Collected data
[Start of section]

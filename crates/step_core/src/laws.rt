//! What holds of every step of a kind.
ghost use Rattle.std.specs.Prelude.{◌≡◌, ◌<◌, ◌∷◌, [], length};
ghost use Rattle.step_core.specs.Consistent.{IsConsistent};
ghost use Rattle.step_core.specs.declared.event.Event.{Event};
ghost use Rattle.step_core.specs.declared.event.Event.TheVariants.{Reload};
ghost use Rattle.link_reload.specs.declared.entry.LinkReload.{LinkReload};
ghost use Rattle.step_core.specs.Laws.{AreAlike, MovesAlone};
ghost use Rattle.step_core.specs.States.{State};
ghost use Rattle.step_core.specs.Steps.{step};

/// Shows that a reload of one existing link moves what is unreserved on it, at each priority, by the difference of the
/// two reservable bandwidths, and moves nothing on any other link.
#[tactic(auto, using(crate::proofs::Reloading::moves_alone))]
pub fn reload_moves_one_link()
    ensures { (s : State) (entry : LinkReload) → entry.link < length s.te.links → MovesAlone entry s (step s (Reload (entry ∷ []))).state }
{}

/// Shows that the order of paths, records and names doesn't matter. States that differ only in that order give the same
/// reply to each event, and differ only in it afterwards. So each peer is sent the same.
pub fn order_makes_no_difference()
    ensures replies { (s t : State) (event : Event) → IsConsistent s → AreAlike s t → (step s event).reply ≡ (step t event).reply }
    ensures states { (s t : State) (event : Event) → IsConsistent s → AreAlike s t → AreAlike (step s event).state (step t event).state }
{}
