//! Peers, and what happens to one of a list.
ghost use Rattle.std.specs.Prelude.{◌≡◌, ◌<◌, [], true, false, length, OnOk, OnErr};
ghost use Rattle.step_core.specs.States.{is_known, peer_at, put_peer, in_session, synchronized, out_of_session, emptied, with_message};

use crate::peer_list::PeerList;
use crate::queue::Queue;
use pcep_messages::Message;
use pcep_objects::Capabilities;
use sequence::{PlainData, Sequence};
use std::alloc::{AllocError, Global};

/// The greatest number of peers that are known at a time.
pub const PEER_LIMIT: usize = 64;

/// A peer that the database knows.
#[derive(Debug, Drop)]
pub struct Peer {
    pub number: u32,
    pub up: bool,
    /// The number of its last session, from 1. No two sessions of the database have the same number.
    pub session: u64,
    /// What its last session lets the PCE do.
    pub capabilities: Capabilities,
    /// It has not yet reported all of its LSPs (RFC 8231 section 5.6).
    pub syncing: bool,
    /// The SRP-ID of the last request to it (RFC 8231 section 7.2), or 0 if there was none.
    pub last_srp: u32,
    /// What waits to be sent to it.
    pub outgoing: Queue,
}

impl PlainData for Peer {
    fn copy(&self) -> Result<Peer, AllocError> {
        Ok(Peer {
            number: self.number,
            up: self.up,
            session: self.session,
            capabilities: self.capabilities,
            syncing: self.syncing,
            last_srp: self.last_srp,
            outgoing: self.outgoing.copy()?,
        })
    }
}

const NO_CAPABILITIES: Capabilities = Capabilities {
    update: false,
    create: false,
};

/// Begins a session of the peer: in its place if it is known, else at the end.
pub(crate) fn begin_session(
    alloc: Global,
    peers: &mut PeerList,
    number: u32,
    session: u64,
    sent: Option<Capabilities>,
)
    requires { is_known peers.old number ≡ false → length peers.old < 64 }
    ensures { peers.new ≡ put_peer peers.old (in_session (peer_at peers.old number) session sent) }
{
    let capabilities = sent.unwrap_or(NO_CAPABILITIES);
    let syncing = sent.is_some();
    if let Some(place) = peers.place_of(number) {
        let peer = &mut peers.items[place];
        peer.up = true;
        peer.session = session;
        peer.capabilities = capabilities;
        peer.syncing = syncing;
        return;
    }
    peers.push(Peer {
        number,
        up: true,
        session,
        capabilities,
        syncing,
        last_srp: 0,
        outgoing: Queue::new(alloc),
    });
}

/// Marks that the peer has reported all that it has.
pub(crate) fn end_sync(peers: &mut PeerList, number: u32)
    requires { is_known peers.old number ≡ true }
    ensures { peers.new ≡ put_peer peers.old (synchronized (peer_at peers.old number)) }
{
    if let Some(place) = peers.place_of(number) {
        peers.items[place].syncing = false;
    }
}

/// Ends the peer's session, and drops what waits for it.
pub(crate) fn end_session(peers: &mut PeerList, number: u32)
    requires { is_known peers.old number ≡ true }
    ensures { peers.new ≡ put_peer peers.old (out_of_session (peer_at peers.old number)) }
{
    if let Some(place) = peers.place_of(number) {
        let peer = &mut peers.items[place];
        peer.up = false;
        peer.syncing = false;
        let _dropped = peer.outgoing.take();
    }
}

/// Appends a message without a number to what waits for the peer.
pub(crate) fn queue_for_peer(
    peers: &mut PeerList,
    number: u32,
    message: Message,
) -> Result<(), AllocError>
    requires { is_known peers.old number ≡ true }
    ensures with_message { OnOk result (peers.new ≡ put_peer peers.old (with_message (peer_at peers.old number) message)) }
    ensures unchanged { OnErr result (peers.new ≡ peers.old) }
{
    let Some(place) = peers.place_of(number) else {
        unreachable!()
    };
    let peer = &mut peers.items[place];
    peer.outgoing.push(message)?;
    Ok(())
}

/// Hands out what waits for the peer.
pub(crate) fn take_outgoing(alloc: Global, peers: &mut PeerList, number: u32) -> Sequence<Message>
    requires { is_known peers.old number ≡ true }
    ensures messages { result ≡ (peer_at peers.old number).outgoing }
    ensures peers { peers.new ≡ put_peer peers.old (emptied (peer_at peers.old number)) }
{
    match peers.place_of(number) {
        Some(place) => peers.items[place].outgoing.take(),
        None => Sequence::from_vec(Vec::new(alloc)),
    }
}
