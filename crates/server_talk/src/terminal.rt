//! Tests whether this process is in the foreground of its terminal. The terminal stops a background process that reads
//! (SIGTTIN).
use std::fs;
use std::fs::Files;

/// Where the system gives the process group of this process, and the foreground group of its terminal (proc(5)).
const STAT: &str = "/proc/self/stat";

/// Tests whether both groups are the same, using the fields after the program's name: state, parent, group, session,
/// terminal, and the foreground group. A text of another form doesn't count as a background.
fn says_front(stat: &str) -> bool {
    let Some((_name, fields)) = stat.rsplit_once(')') else {
        return true;
    };
    let mut fields = fields.split_whitespace();
    let own = fields.nth(2);
    let front = fields.nth(2);
    match (own, front) {
        (Some(own), Some(front)) => own == front,
        _ => true,
    }
}

/// Tests whether this process may read its terminal.
pub(crate) fn is_in_front<R: Files + AllocGlobal>(rt: &R) -> bool {
    let Ok(stat) = fs::read(rt, STAT) else {
        return true;
    };
    match str::from_utf8(&stat) {
        Ok(stat) => says_front(stat),
        Err(_) => true,
    }
}
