//! Peers in the order in which they came.
ghost use Rattle.std.specs.Prelude.{◌≡◌, ◌<◌, ◌≤◌, ◌++◌, ◌∷◌, [], not, find, filter, position, length, vec_capacity, option_copied, IfOk, OnOk};
ghost use Rattle.std.specs.List.{list_all};
ghost use Rattle.step_core.specs.Consistent.{has_srps_left};
ghost use Rattle.step_core.specs.States.{is_peer};

use crate::peer::{PEER_LIMIT, Peer};
use std::alloc::{AllocError, Global};
use std::marker::Model;

/// The greatest SRP-ID that a request has (RFC 8231 section 7.2).
const GREATEST_SRP: u32 = 0xffff_fffe;

/// Peers in the order in which they came, with room for as many as can be known at a time. A contract sees only the
/// list.
#[derive(Drop)]
pub(crate) struct PeerList {
    pub items: Vec<Peer>,
}

impl Model for PeerList {
    ghost use Rattle.std.specs.Prelude.{◌≤◌, List, vec_capacity};
    ghost use Rattle.step_core.specs.declared.peer.Peer.{Peer};

    ghost Value = { List Peer };

    ghost view = { λ l. l.items.items };

    ghost invariant = { λ l. 64 ≤ vec_capacity l.items };
}

/// Removes the peer. The others stay in their order.
fn drop_peer(peers: &mut Vec<Peer>, number: u32)
    ensures items { peers.new.items ≡ filter (λ p. not (is_peer number p)) peers.old.items }
    ensures capacity { vec_capacity peers.new ≡ vec_capacity peers.old }
{
    let mut i = 0;
    while i < peers.len() {
        if peers[i].number == number {
            let _ = peers.remove(i);
        } else {
            i += 1;
        }
    }
}

impl PeerList {
    /// Makes a list of no peers.
    pub fn new(alloc: Global) -> Result<PeerList, AllocError>
        ensures { IfOk result (λ peers. peers ≡ []) }
    {
        Ok(PeerList {
            items: Vec::with_capacity(alloc, PEER_LIMIT)?,
        })
    }

    /// Lends the peers in order.
    pub fn as_slice(&self) -> &[Peer]
        ensures { result.now ≡ self.now }
    {
        &self.items
    }

    /// Counts the peers.
    pub fn len(&self) -> usize
        ensures { result ≡ length self.now }
    {
        self.items.len()
    }

    /// Finds the place of a peer in the list.
    pub fn place_of(&self, number: u32) -> Option<usize>
        ensures { result ≡ position (is_peer number) self.now }
    {
        self.items.iter().position(|peer| peer.number == number)
    }

    /// Finds the peer, if it is known.
    pub fn find(&self, number: u32) -> Option<&Peer>
        ensures { option_copied result ≡ find (is_peer number) self.now }
    {
        self.items.iter().find(|peer| peer.number == number)
    }

    /// Tests whether no peer was given the greatest SRP-ID, so that the next one of each is greater than its last.
    pub fn have_srps_left(&self) -> bool
        ensures { result ≡ list_all has_srps_left self.now }
    {
        self.items.iter().all(|peer| peer.last_srp < GREATEST_SRP)
    }

    /// Adds a peer at the end, in the room that there is.
    pub fn push(&mut self, peer: Peer)
        requires { length self.old < 64 }
        ensures { self.new ≡ self.old ++ peer ∷ [] }
    {
        self.items.push_reserved(peer);
    }

    /// Adds a peer at the end, and makes room for it.
    pub fn add(&mut self, peer: Peer) -> Result<(), AllocError>
        ensures added { OnOk result (self.new ≡ self.old ++ peer ∷ []) }
    {
        self.items.push(peer)?;
        Ok(())
    }

    /// Removes the peer.
    pub fn forget(&mut self, number: u32)
        ensures { self.new ≡ filter (λ p. not (is_peer number p)) self.old }
    {
        drop_peer(&mut self.items, number);
    }
}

[End of section]

■ EXERCISE INSTRUCTIONS:
Throughout the records above, find the lines in which the word "group" appears and return them.

■ SOLUTION TO THIS TASK:
/// Where the system gives the process group of this process, and the foreground group of its terminal (proc(5)).
/// Tests whether both groups are the same, using the fields after the program's name: state, parent, group, session,
/// terminal, and the foreground group. A text of another form doesn't count as a background.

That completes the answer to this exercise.